* Items from a dataset:

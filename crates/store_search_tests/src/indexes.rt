//! Indexes under numbers.
ghost use Rattle.std.specs.Prelude.{◌≤◌, length};

use crate::checks::holds;
use std::alloc::Global;
use std::process::Abort;
use store_holdings::Indexes;
use store_search::IndexBuilder;

fn builder_of(rt: &impl Abort, alloc: Global, shown: &str) -> IndexBuilder
    ensures { length result ≤ 1 }
{
    let mut builder = IndexBuilder::new(alloc);
    builder.push(shown, shown, 0, 1).expect(rt, "memory");
    assert!(rt; builder.len() <= 1, "one line");
    builder
}

// Whether this is shown under a number, or nothing stands there.
fn is_shown(rt: &impl Abort, indexes: &mut Indexes, number: u64, shown: &str) -> bool {
    let Some(index) = indexes.take(number).expect(rt, "memory") else {
        return shown == "none";
    };
    let is_so = index.entry(0).shown == shown;
    indexes.put_back(number, index);
    is_so
}

// Puts an index that is made, or one that isn't yet.
fn put(
    rt: &impl Abort,
    alloc: Global,
    indexes: &mut Indexes,
    number: u64,
    shown: &str,
    is_made: bool,
) {
    let builder = builder_of(rt, alloc, shown);
    if is_made {
        let index = builder.finish().expect(rt, "an index");
        indexes.put(number, index).expect(rt, "memory");
    } else {
        let making = builder.making();
        indexes.put_unmade(number, making).expect(rt, "memory");
    }
}

static PUT: [(u64, &str, bool); 4] = [
    (1, "iron", true),
    (2, "opal", true),
    (3, "ruby", false),
    (2, "fire opal", false),
];

// Indexes are put under numbers, in place of those that were there, made when they are asked for, and let go of.
fn stand_under_numbers(rt: &impl Abort, alloc: Global, indexes: &mut Indexes) {
    holds(rt, is_shown(rt, indexes, 1, "none"), "none put");
    for (number, shown, is_made) in &PUT {
        put(rt, alloc, indexes, *number, *shown, *is_made);
    }
    holds(rt, is_shown(rt, indexes, 2, "fire opal"), "the second one");
    holds(rt, is_shown(rt, indexes, 2, "fire opal"), "put back");
    indexes.let_go(1);
    holds(rt, is_shown(rt, indexes, 1, "none"), "let go of");
    indexes.make(3).expect(rt, "memory");
    indexes.let_go(2);
    holds(rt, is_shown(rt, indexes, 2, "none"), "let go of too");
    holds(rt, is_shown(rt, indexes, 3, "ruby"), "kept");
}

#[test]
fn indexes_stand_under_numbers(rt: HostRuntime) {
    let mut indexes = Indexes::new(rt.alloc());
    stand_under_numbers(&rt, rt.alloc(), &mut indexes);
    drop(indexes);
}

* ABOUT THIS EXERCISE:
Copy out every line of the records that the string "there" appears in.

* ANSWER SPACE:
// Whether this is shown under a number, or nothing stands there.
// Indexes are put under numbers, in place of those that were there, made when they are asked for, and let go of.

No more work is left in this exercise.